4. Wie viele Computer und Modems hat die Bundesprüfstelle, wie
viele Anschlüsse an zumindest einen der verfügbaren
Netzzugänge?
Die Bundesprüfstelle verfügt zur Zeit über einen ISDN-Anschluß.
Für die Arbeiten im Internet wird auf einen vorhandenen
Computer zurückgegriffen. Im Rahmen der voraussichtlich für 1997 zur
Verfügung stehenden Haushaltsmittel wird eine zusätzliche
Computeranlage, bestehend aus Monitor, Rechner, Farbdrucker,
angeschafft werden.
5. An welchen internationalen Konferenzen haben Mitarbeiter der
Bundesprüfstelle in den letzten fünf Jahren teilgenommen, die sich
mit der elektronischen Verbreitung jugendgefährdenden Materials
beschäftigten?
Über die Teilnahme an internationalen Konferenzen zu Themen
der Verbreitung von Angeboten in Datennetzen wird von der
Bundesregierung jeweils nach Maßgabe der bestehenden
Ressortzuständigkeiten entschieden. Die Notwendigkeit einer
Hinzuziehung der Bundesprüfstelle für jugendgefährdende Schriften
hat sich bislang nicht ergeben.
6. Strebt die Bundesregierung einen Ausbau derjenigen sowohl
technischen wie personellen Kapazitäten der Bundesprüfstelle an, die
zur Überprüfung von elektronisch verbreitetem Mate rial notwendig
sind; wenn ja, in welchem Umfang?
Die Bundesregierung hält es zur Gewährleistung eines effektiven
Jugendmedienschutzes für erforderlich, daß die Bundesprüfstelle
für jugendgefährdende Schriften sowohl in technischer als auch in
personeller Hinsicht so ausgestattet wird, daß sie ihrem Auftrag,
das Gesetz über die Verbreitung jugendgefährdender Schriften
auszuführen, uneingeschränkt nachkommen kann. Hierbei wird
auch der fortschreitenden technischen Entwicklung Rechnung zu
tragen sein.
7. In welcher absoluten und - gemessen an dem Gesamthaushalt -
prozentualen Höhe stehen dem Bundesbeauftragten für den
Datenschutz (BfD) jährliche Etatmittel zur Verfügung, um in
elektronischen Netzen nach Verstößen gegen den Datenschutz zu ermitteln
bzw. Beschwerden nachzugehen?
In der Titelgruppe 55 des Bundeshaushaltsplanes sind für den
Bundesbeauftragten für den Datenschutz (BfD) 167 000 DM
(2,5 %) für „Kosten der Informationstechnik" ausgewiesen. Darin
sind auch Mittel für die Beschaffung von Hard- und Software
enthalten, die den Zugang zu externen Datennetzen (Mailboxen,
Internet etc.) ermöglichen. Für entsprechende Recherchen sind im
Titel 513 55 (Datenfernübertragung) 10 000 DM (0,2 %)
vorgesehen.
8. Wie viele Mitarbeiter des BfD sind technisch und vom
Kenntnisstand her in der Lage, das Internet sowohl nach Hinweisen als auch
nach technischen Verfahren bzw. Systemen zu durchsuchen, deren
Betrieb eine Gefährdung des Datenschutzes darstellt?

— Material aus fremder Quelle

// What the words hold: what they may, what they start with, and what a register reset and the watchdog's expiry leave.
// The profile is the first parameter of every table of the paper, also where no row goes by it yet (CONTRIBUTING.md, House rules).
ghost use Rattle.std.specs.Prelude.{◌≡◌};
ghost use Rattle.state_fields.specs.Held.{start_words, restored_by, words_ok, without_overrides};

use crate::bits::{get, put};
use state_parts::profile::Profile;
use state_parts::words::Words;

// No bit is set but those of stored fields: each gap between them is empty.
pub fn words_ok(p: Profile, w: Words) -> bool
    ensures { result ≡ words_ok p w }
{
    let w0 = w.w0;
    let w1 = w.w1;
    let w2 = w.w2;
    let w3 = w.w3;
    let w4 = w.w4;
    (w0 / 1 % 0x100000000 == 0)
        & (w0 / 0x100000000 % 0x100000000 == 0)
        & (w1 / 1 % 0x10 == 0)
        & (w1 / 0x8000 % 0x20 == 0)
        & (w1 / 0x10000000 % 0x100 == 0)
        & (w1 / 0x800000000000 % 0x20000 == 0)
        & (w2 / 2 % 0x80 == 0)
        & (w2 / 0x40000 % 2 == 0)
        & (w2 / 0x10000000 % 4 == 0)
        & (w2 / 0x2000000000 % 2 == 0)
        & (w2 / 0x40000000000 % 2 == 0)
        & (w2 / 0x100000000000 % 0x10 == 0)
        & (w3 / 0x100000 % 2 == 0)
        & (w3 / 0x1000000 % 0x40 == 0)
        & (w3 / 0x100000000 % 8 == 0)
        & (w3 / 0x1000000000 % 0x10000000 == 0)
        & (w4 / 1 % 0x40000 == 0)
        & (w4 / 0x80000 % 0x20 == 0)
        & (w4 / 0x2000000 % 2 == 0)
        & (w4 / 0x8000000 % 2 == 0)
        & (w4 / 0x20000000 % 0x8000000 == 0)
        & (w4 / 0x100000000000000 % 0x100 == 0)
}

// The stored fields at their resets.
#[tactic(auto, unfolding(state_table::specs::Rows::fields, state_table::specs::Rows::fields_of, crate::specs::Held::gathered, crate::specs::Words::put_at, crate::specs::Words::put_in, crate::specs::Held::start_words, crate::specs::Words::with_word))]
pub fn start_words(p: Profile) -> Words
    ensures { result ≡ start_words p }
{
    Words {
        w0: 0,
        w1: 0xFA00A500910,
        w2: 0xAAE1000880801D01,
        w3: 0x40D795,
        w4: 0,
    }
}

// The stored fields after a register reset: VINDPM, STOP_WD_CHG and EN_BYPASS_LL_EXIT stand.
pub fn restored(p: Profile, w: Words) -> Words
    ensures { result ≡ restored_by p w }
{
    let start = start_words(p);
    let vindpm = get(w, 0x44, 11);
    let stop = get(w, 0x91, 1);
    let exit = get(w, 0xCF, 1);
    let first = put(start, 0x44, 11, vindpm);
    let second = put(first, 0x91, 1, stop);
    put(second, 0xCF, 1, exit)
}

// The words with all three overrides cleared.
#[tactic(auto, unfolding(crate::specs::Held::without_overrides))]
pub fn without_overrides(w: Words) -> Words
    ensures { result ≡ without_overrides w }
{
    let first = put(w, 0xDE, 1, 0);
    let second = put(first, 0xDF, 1, 0);
    put(second, 0xE3, 1, 0)
}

Vorab ist auf folgendes hinzuweisen:
Die Zuständigkeit des BfD ist durch das
Bundesdatenschutzgesetz (BDSG) grundsätzlich auf öffentliche Stellen des Bundes
beschränkt, zu denen durch die Änderung des BDSG aufgrund
des Postneuordnungsgesetzes vom 14. September 1994 allerdings
auch die Deutsche Telekom AG zählt. Als Anbieter von
Telediensten treten diese Stellen im Internet und in Online-Diensten
derzeit jedoch in recht geringem Umfang auf. Dabei werden im
allgemeinen auch keine personenbezogenen oder andere
schutzbedürftige Daten verarbeitet, sondern Informationen angeboten,
die gerade für die Öffentlichkeit bestimmt sind. Für die „typischen
Teledienstanbieter" hat der BfD damit keine Zuständigkeit, und
wo er sie hat, bestand bislang kaum Anlaß zu einer
Datenschutzkontrolle.
Aufgrund des zum 1. August 1996 in Kraft getretenen
Telekommunikationsgesetzes (TKG) wurde die Kontrollkompetenz des
BfD für Telekommunikationsunternehmen auf alle Unternehmen
erweitert, „die für die geschäftsmäßige Erbringung von
Telekommunikationsdiensten Daten von natürlichen und juristischen
Personen erheben, verarbeiten oder nutzen" (§ 91 Abs. 4 Satz 1). Die
Zuständigkeit des BfD bezieht sich dabei auf die im Rahmen der
Telekommunikation, das heißt „dem technischen Vorgang des
Aussendens, Übermittelns und Empfangens von Nachrichten
jeglicher Art in der Form von Zeichen, Sprache, Bildern oder Tönen
mittels Telekommunikationsanlagen" (§ 3 Nr. 15 TKG),
anfallenden personenbezogenen Daten. Der Inhalt der Nachrichten gehört
nach dem Willen des Gesetzgebers nicht hierzu.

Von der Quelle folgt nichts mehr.